3.3. Effects on Kidney Disease

Chronic kidney disease (CKD) affects 11% of the adult population in the United States [87]. CKD has five stages based mostly upon glomerular filtration rate (GFR) [88,89]. Stages 1 and 2 have reduced kidney function but still normal GFR. Stages 3 to 5 have increasing reductions in GFR. The health condition of patients with CKD depends also on concomitant diseases, e.g., diabetes mellitus. These patients can have CVD and die before they reach end-stage renal disease. CKD is one of the important risk factors for CVD, especially in patients who are, because of other risk factors, at high risk for CVD [90]. Studies have shown that statins could reduce the severity of glomerular damage and preserve renal function [91,92,93]. New Zealand rabbits fed on a high cholesterol diet had glomerular hypertrophy and glomerulosclerosis. When these rabbits were treated with ATV, their plasma cholesterol was reduced and renal injury including glomerular hypertrophy was prevented. However, the mechanism by which statins may protect renal function is not clear. Statins inhibit HMG-CoA reductase which is important not only for endogenous cholesterol synthesis but they also inhibit geranyl pyrophosphate and isoprenoids as well as farnesyl pyrophosphate [94,95]. Isoprenoids cause different cellular responses like cell proliferation and migration as well as different gene expression by binding to intracellular signaling proteins.

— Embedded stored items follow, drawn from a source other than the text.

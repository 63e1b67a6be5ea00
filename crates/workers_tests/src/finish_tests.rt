// A station of two gateways and two devices, finished.

use crate::asks::{Ask, Heard};
use crate::finishing::Try;
use crate::looks::{AtDesk, Look};
use crate::plans::{Plan, runs};
use crate::steps::Step;
use crate::tickets::Fate;
use crate::wanted::{OPENED_1, OPENED_2, RX1_ON_1, RX1_ON_2};
use server_workers::FinishCause;
use std::test::Fail;

/// An uplink of the first device on gateway 1 and one of the second on gateway 2 are closed.
static HEARD: [Step; 4] = [
    Step::Hear(Heard::Of(1, 0), OPENED_1),
    Step::Hear(Heard::By(2, 2, 0), OPENED_2),
    Step::Ask(Ask::Pass(200_001, Some(1))),
    Step::Ask(Ask::Pass(200_001, Some(2))),
];

/// Number 1 is booked and settled.
const SETTLE_1: Step = Step::Take(1, Fate::Settled, true, RX1_ON_1);

/// Number 2 is booked and not settled.
const BOOK_2: Step = Step::Take(2, Fate::Booked, false, RX1_ON_2);

const SPLIT: Step = Step::Ask(Ask::Split(65_535));

const CANCEL_1: Step = Step::Ask(Ask::Cancel(0, Ok(41_216)));

/// What was booked by the tills, and what the desk knows of gateway 1.
const BOOKED: [Look; 2] = [
    Look::Booked(41_216),
    Look::Desk(AtDesk::Answered(1, Some(41_216))),
];

/// Why a station isn't finished: not all tills are there, or the answer to number 1 isn't where its receipt says.
const TILL_MISSING: Option<FinishCause> = Some(FinishCause::TillMissing);

const LOST_1: Option<FinishCause> = Some(FinishCause::Lost { number: 1 });

/// What is done first, how the station is finished, and what is seen then.
type Ending = (&'static [Step], &'static [Try], &'static [Look]);

static ENDINGS: [Ending; 8] = [
    // without tills
    (&[], &[(0, 0, TILL_MISSING)], &[]),
    // without the till that counted, and then with both
    (
        &[SPLIT, SETTLE_1],
        &[(1, 0, TILL_MISSING), (2, 0, None)],
        &BOOKED,
    ),
    // a booking that isn't settled, without the till that counted and then with both
    (
        &[SPLIT, SETTLE_1, CANCEL_1, BOOK_2],
        &[
            (1, 1, TILL_MISSING),
            (
                2,
                1,
                Some(FinishCause::Apart {
                    gateway: 2,
                    booked: 41_216,
                    answered: 0,
                }),
            ),
        ],
        &[],
    ),
    // a receipt that was cancelled, and then without it
    (
        &[SETTLE_1, CANCEL_1],
        &[(1, 1, LOST_1), (1, 0, None)],
        &BOOKED,
    ),
    // a receipt that is kept, and one of another gateway
    (&[SETTLE_1], &[(1, 1, None)], &BOOKED),
    (
        &[SETTLE_1, Step::Ask(Ask::Readdress(0, 9))],
        &[(1, 1, LOST_1)],
        &[],
    ),
    // a receipt that was cancelled, of a gateway that is an hour past RX1's start, and one that is more
    (
        &[
            SETTLE_1,
            CANCEL_1,
            Step::Ask(Ask::Tick(1, 3_606_000_000, Some(3_606_000_000))),
        ],
        &[(1, 1, LOST_1)],
        &[],
    ),
    (
        &[
            SETTLE_1,
            CANCEL_1,
            Step::Ask(Ask::Tick(1, 3_606_000_001, Some(3_606_000_001))),
        ],
        &[(1, 1, None)],
        &BOOKED,
    ),
];

#[test]
fn is_finished_once_all_is_accounted_for(rt: HostRuntime) -> Result<(), Fail> {
    for (steps, tries, sights) in ENDINGS.iter() {
        let plan = Plan {
            gateways: &[2, 1],
            devices: 2,
            before: &HEARD,
            steps,
            tries,
            sights,
            changes: &[],
        };
        runs(&rt, rt.alloc(), &plan)?;
    }
    Ok(())
}
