// Want of memory: tickets, a station and its calls, and its workers.

mod calls;
mod cases;
mod desk_cases;
mod ends;
mod serve_tests;
mod starts;
mod stations;
mod tickets;
mod works;
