// A station on one thread.
ghost use Rattle.std.specs.Prelude.{◌≡◌};

use crate::asks::{Ask, Heard};
use crate::plans::tells;
use crate::posts::{Post, opened};
use crate::steps::{Step, take_steps};
use crate::tickets::Fate;
use crate::wanted::{ONE_BOOKED, OPENED_1, RX1_ON_1};
use answer_ticket::{Ending, Outcome};
use gateway_book::CancelFault;
use server_core::QueueFault;
use server_workers::{Blank, Gate, Ledger, NoGate, PARTS, TotalsFault};
use std::alloc::Global;
use std::marker::Brand;
use std::sync::Wait;
use std::test::Fail;
use std::thread::Threads;
use test_asserts::{equal, holds};
use worked_inputs::handed_back;

/// An uplink is answered, and the gateways are asked: the totals by those who saw less than the 41,216 us that are booked
/// there, just as much, and more; where nothing is booked; and those of a gateway that isn't there; the floors of both; and the
/// answer is cancelled twice, and once on the other gateway. What is refused leaves the floor.
static CALLS: [Step; 24] = [
    Step::Hear(Heard::Of(1, 0), OPENED_1),
    Step::Ask(Ask::Pass(200_001, Some(1))),
    Step::Ask(Ask::Split(65_535)),
    Step::Take(1, Fate::Settled, true, RX1_ON_1),
    Step::Ask(Ask::Totals(1, 41_216, Ok(ONE_BOOKED))),
    Step::Ask(Ask::Totals(1, 1, Ok(ONE_BOOKED))),
    Step::Ask(Ask::Totals(1, 41_217, Err(TotalsFault::Behind { booked: 41_216 }))),
    Step::Ask(Ask::Totals(1, 1_000_000, Err(TotalsFault::Behind { booked: 41_216 }))),
    Step::Ask(Ask::Totals(1, u64::MAX, Err(TotalsFault::Behind { booked: 41_216 }))),
    Step::Ask(Ask::Totals(2, 1, Err(TotalsFault::Behind { booked: 0 }))),
    Step::Ask(Ask::Totals(2, 1_000_000, Err(TotalsFault::Behind { booked: 0 }))),
    Step::Ask(Ask::Totals(9, 0, Err(TotalsFault::UnknownGateway))),
    Step::Ask(Ask::Tick(1, 1, Some(1))),
    Step::Ask(Ask::Tick(1, 0, Some(1))),
    Step::Ask(Ask::Tick(9, 5, None)),
    Step::Ask(Ask::Cancel(0, Ok(41_216))),
    Step::Ask(Ask::Cancel(0, Err(CancelFault::NotHere))),
    Step::Ask(Ask::Tick(1, 0, Some(1))),
    Step::Ask(Ask::Readdress(0, 9)),
    Step::Ask(Ask::Cancel(0, Err(CancelFault::NotHere))),
    Step::Ask(Ask::Tick(1, 0, Some(1))),
    Step::Ask(Ask::Queue(1, &[1], Ok(1))),
    Step::Ask(Ask::Queue(1, &[2], Ok(2))),
    Step::Ask(Ask::Queue(9, &[2], Err(QueueFault::UnknownDevice))),
];

#[test]
fn answers_an_uplink_and_asks_the_gateways_that_it_has(rt: HostRuntime) -> Result<(), Fail> {
    tells(&rt, rt.alloc(), 1, &CALLS)
}

/// A station hears an uplink, and closes it.
static HEARD: [Step; 2] = [
    Step::Hear(Heard::Of(1, 0), OPENED_1),
    Step::Ask(Ask::Pass(200_001, Some(1))),
];

/// A station without gateway 1 is given the ticket of one that has it.
fn strayed<B: Ledger + Send + Sync, C: Ledger, R: Threads + Wait + Sync>(
    rt: &R,
    alloc: Global,
    blank: Blank,
    other: Blank,
) -> Result<Option<(bool, Outcome)>, Fail>
    requires name { blank.name ≡ B.name }
    requires parts { blank.parts ≡ B.parts }
    requires all { blank.parts ≡ PARTS }
    requires other_name { other.name ≡ C.name }
    requires other_parts { other.parts ≡ C.parts }
    requires other_all { other.parts ≡ PARTS }
{
    let mut post = opened::<B, R>(rt, alloc, &[1], 1, blank)?;
    take_steps(&mut post, &HEARD)?;
    strayed_to::<B, C, R>(&post, other)
}

/// The same, by the ledger of the other, at which an uplink is open before and afterwards.
fn strayed_to<B: Ledger, C: Ledger, R: Wait>(
    post: &Post<'_, B, R>,
    other: Blank,
) -> Result<Option<(bool, Outcome)>, Fail>
    requires name { other.name ≡ C.name }
    requires parts { other.parts ≡ C.parts }
    requires all { other.parts ≡ PARTS }
{
    let mut elsewhere = opened::<C, R>(post.rt, post.alloc, &[2], 1, other)?;
    equal(&elsewhere.hear(Heard::By(1, 2, 0))?, &OPENED_1)?;
    let ended = stray(post, &mut elsewhere)?;
    equal(&elsewhere.station.pass(post.rt, 200_001), &Some(1))?;
    Ok(ended)
}

/// Whether a station hands the ticket of another back, then whether it settles the stub, and how that ended.
fn stray<B: Ledger, C: Ledger, R: Wait>(
    post: &Post<'_, B, R>,
    elsewhere: &mut Post<'_, C, R>,
) -> Result<Option<(bool, Outcome)>, Fail> {
    let tried = elsewhere
        .station
        .try_once(post.rt, post.station.take(post.rt, 1)?);
    let Some(ticket) = handed_back(tried) else {
        return Ok(None);
    };
    Ok(Some(elsewhere.ended(ticket.give_up(), true)))
}

#[test]
fn hands_back_what_is_another_stations(rt: HostRuntime) -> Result<(), Fail> {
    let blank = Blank::new(PARTS as u64);
    let other = Blank::new(PARTS as u64);
    let back = strayed::<Brand, Brand, _>(&rt, rt.alloc(), blank, other)?;
    let given_up = Outcome {
        number: 1,
        result: Ending::GivenUp,
    };
    equal(&back, &Some((false, given_up)))?;
    Ok(())
}

#[test]
fn nobody_waits_at_no_gate() -> Result<(), Fail> {
    holds(NoGate.inside(1))?;
    NoGate.left(1);
    Ok(())
}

Studies have shown that targeting oxidative stress can improve renal IR injury. An important pathway which is associated with antioxidative stress is nuclear factor erythroid 2 related factor 2 (Nrf2)/heme oxygenase 1 (HO1). The transcription factor Nrf2, a factor that can bind to antioxidant response elements (ARE), is located at the promoter regions of many antioxidant and detoxifying genes, including HO1. In addition, it seems that acetylcysteine has anti-inflammatory effects and improves renal injury by affecting Nrf2/HO1 activity [96]. Statins block the synthesis of isoprenoids and therefore they are able to restore the impaired capacity of progenitor cells. GFR is increased in oxidative stress. Renal injury is associated with elevated levels of inflammatory factors [97] and statins can reduce the inflammatory response. In a trial on 91 patients with CKD who were treated with 10 mg/day of rosuvastatin for 20 weeks, a 47% reduction in high specific C-reactive protein (hsCRP) and an improvement of GFR for 11% was achieved [98]. Although this indicates that statins might be effective in preventing CVD, more research is needed to be performed on patients with CKD to provide a clear answer about this issue [87].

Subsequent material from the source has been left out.